(LISTED RECORDS)

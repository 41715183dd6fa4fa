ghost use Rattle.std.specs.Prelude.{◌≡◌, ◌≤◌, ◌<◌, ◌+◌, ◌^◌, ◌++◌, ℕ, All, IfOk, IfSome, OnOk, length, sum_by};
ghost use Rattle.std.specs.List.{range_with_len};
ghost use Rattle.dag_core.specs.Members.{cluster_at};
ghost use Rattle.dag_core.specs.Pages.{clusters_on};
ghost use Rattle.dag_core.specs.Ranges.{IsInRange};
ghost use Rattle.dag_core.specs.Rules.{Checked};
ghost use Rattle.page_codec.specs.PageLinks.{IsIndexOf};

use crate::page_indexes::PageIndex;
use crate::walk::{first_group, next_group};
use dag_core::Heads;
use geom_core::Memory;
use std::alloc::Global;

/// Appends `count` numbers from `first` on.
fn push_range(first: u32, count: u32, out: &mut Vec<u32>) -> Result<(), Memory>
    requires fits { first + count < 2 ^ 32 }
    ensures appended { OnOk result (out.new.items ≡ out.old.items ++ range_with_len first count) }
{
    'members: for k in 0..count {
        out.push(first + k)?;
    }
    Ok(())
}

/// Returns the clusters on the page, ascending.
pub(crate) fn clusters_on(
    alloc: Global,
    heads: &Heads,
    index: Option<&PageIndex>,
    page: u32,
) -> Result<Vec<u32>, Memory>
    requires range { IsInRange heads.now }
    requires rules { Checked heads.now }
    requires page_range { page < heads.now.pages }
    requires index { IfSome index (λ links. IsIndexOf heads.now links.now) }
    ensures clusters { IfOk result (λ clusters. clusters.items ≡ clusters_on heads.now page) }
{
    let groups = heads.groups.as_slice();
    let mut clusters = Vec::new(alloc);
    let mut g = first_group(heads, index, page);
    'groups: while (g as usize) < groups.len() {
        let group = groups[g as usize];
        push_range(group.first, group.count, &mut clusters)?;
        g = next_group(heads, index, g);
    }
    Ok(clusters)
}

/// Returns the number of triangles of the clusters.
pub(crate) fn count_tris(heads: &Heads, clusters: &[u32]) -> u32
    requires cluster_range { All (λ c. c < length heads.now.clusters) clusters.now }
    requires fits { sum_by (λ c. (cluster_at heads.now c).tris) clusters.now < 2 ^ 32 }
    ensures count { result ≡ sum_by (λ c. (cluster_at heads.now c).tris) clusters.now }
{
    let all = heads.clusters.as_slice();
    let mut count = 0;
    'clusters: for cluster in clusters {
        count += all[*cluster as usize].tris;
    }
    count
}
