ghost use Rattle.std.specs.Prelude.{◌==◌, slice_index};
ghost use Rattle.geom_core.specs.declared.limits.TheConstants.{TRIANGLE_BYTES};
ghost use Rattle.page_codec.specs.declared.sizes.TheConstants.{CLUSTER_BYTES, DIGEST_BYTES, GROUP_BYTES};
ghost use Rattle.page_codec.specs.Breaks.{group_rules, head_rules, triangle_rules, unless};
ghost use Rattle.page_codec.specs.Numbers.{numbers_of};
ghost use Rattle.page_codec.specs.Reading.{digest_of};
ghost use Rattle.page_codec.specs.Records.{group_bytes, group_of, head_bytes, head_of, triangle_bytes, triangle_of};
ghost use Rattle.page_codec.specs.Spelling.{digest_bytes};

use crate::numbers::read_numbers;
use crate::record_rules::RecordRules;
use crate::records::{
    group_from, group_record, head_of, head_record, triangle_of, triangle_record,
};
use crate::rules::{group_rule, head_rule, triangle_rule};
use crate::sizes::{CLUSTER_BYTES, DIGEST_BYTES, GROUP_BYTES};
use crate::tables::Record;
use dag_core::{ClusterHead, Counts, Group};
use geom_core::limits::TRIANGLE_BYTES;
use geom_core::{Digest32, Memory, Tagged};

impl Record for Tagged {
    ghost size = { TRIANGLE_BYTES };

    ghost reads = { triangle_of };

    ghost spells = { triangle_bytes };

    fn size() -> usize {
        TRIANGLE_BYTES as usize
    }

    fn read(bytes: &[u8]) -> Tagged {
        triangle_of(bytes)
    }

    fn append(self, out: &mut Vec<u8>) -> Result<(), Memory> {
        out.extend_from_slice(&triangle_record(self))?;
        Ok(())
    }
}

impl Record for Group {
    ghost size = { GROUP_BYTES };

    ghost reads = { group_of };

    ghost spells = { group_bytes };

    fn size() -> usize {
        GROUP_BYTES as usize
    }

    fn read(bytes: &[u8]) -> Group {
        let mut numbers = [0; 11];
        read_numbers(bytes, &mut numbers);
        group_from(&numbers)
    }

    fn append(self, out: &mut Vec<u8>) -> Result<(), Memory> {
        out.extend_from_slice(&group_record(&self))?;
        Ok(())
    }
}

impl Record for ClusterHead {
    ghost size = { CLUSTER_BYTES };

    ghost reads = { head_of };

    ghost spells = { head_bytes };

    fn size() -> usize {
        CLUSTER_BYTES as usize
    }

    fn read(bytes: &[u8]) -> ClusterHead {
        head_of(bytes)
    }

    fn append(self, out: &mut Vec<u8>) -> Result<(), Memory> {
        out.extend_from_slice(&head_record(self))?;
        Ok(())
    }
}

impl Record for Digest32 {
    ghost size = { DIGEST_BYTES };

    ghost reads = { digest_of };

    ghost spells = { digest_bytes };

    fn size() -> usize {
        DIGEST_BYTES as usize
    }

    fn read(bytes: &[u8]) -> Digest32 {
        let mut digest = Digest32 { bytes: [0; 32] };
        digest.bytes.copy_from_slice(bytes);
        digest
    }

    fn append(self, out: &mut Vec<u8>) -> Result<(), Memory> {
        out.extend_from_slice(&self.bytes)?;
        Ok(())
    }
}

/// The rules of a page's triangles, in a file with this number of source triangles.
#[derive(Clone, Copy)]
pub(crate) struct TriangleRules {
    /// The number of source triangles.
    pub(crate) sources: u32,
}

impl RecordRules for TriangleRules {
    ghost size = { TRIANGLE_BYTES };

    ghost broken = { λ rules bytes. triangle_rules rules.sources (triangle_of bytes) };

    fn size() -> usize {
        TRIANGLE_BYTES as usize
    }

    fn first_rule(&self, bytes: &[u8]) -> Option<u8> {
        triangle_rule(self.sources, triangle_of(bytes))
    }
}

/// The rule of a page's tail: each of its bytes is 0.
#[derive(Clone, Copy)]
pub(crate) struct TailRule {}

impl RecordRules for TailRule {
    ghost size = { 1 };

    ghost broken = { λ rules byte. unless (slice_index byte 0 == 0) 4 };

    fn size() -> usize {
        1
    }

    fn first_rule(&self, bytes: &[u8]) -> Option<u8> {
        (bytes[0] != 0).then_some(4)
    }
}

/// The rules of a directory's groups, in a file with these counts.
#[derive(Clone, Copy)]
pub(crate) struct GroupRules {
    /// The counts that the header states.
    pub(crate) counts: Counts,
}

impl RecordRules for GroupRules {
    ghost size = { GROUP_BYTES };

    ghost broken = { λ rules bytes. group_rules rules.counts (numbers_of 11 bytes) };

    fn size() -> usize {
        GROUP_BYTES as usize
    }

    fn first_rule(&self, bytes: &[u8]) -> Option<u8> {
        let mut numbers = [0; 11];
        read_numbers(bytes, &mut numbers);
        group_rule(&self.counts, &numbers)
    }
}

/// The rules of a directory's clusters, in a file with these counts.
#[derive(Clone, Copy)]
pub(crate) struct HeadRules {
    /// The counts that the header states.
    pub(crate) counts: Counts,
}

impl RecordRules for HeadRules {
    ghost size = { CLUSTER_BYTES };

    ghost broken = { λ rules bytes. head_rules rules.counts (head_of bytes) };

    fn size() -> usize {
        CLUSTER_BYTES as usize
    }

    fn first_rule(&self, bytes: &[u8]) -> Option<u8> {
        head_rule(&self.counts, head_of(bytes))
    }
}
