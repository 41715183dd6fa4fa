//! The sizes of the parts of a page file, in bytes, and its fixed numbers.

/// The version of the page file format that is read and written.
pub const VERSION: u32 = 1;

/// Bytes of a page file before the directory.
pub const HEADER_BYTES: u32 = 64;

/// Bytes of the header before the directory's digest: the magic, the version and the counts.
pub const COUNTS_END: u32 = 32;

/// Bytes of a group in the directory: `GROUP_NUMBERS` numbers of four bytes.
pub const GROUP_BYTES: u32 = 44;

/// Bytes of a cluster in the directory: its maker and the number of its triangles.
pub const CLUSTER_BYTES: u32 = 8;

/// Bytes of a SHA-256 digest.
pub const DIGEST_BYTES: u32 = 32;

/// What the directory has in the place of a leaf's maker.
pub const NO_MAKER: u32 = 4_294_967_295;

(End LISTED RECORDS)

Copy every line of the records above that contains "limits".

ghost use Rattle.geom_core.specs.declared.limits.TheConstants.{TRIANGLE_BYTES};
use geom_core::limits::TRIANGLE_BYTES;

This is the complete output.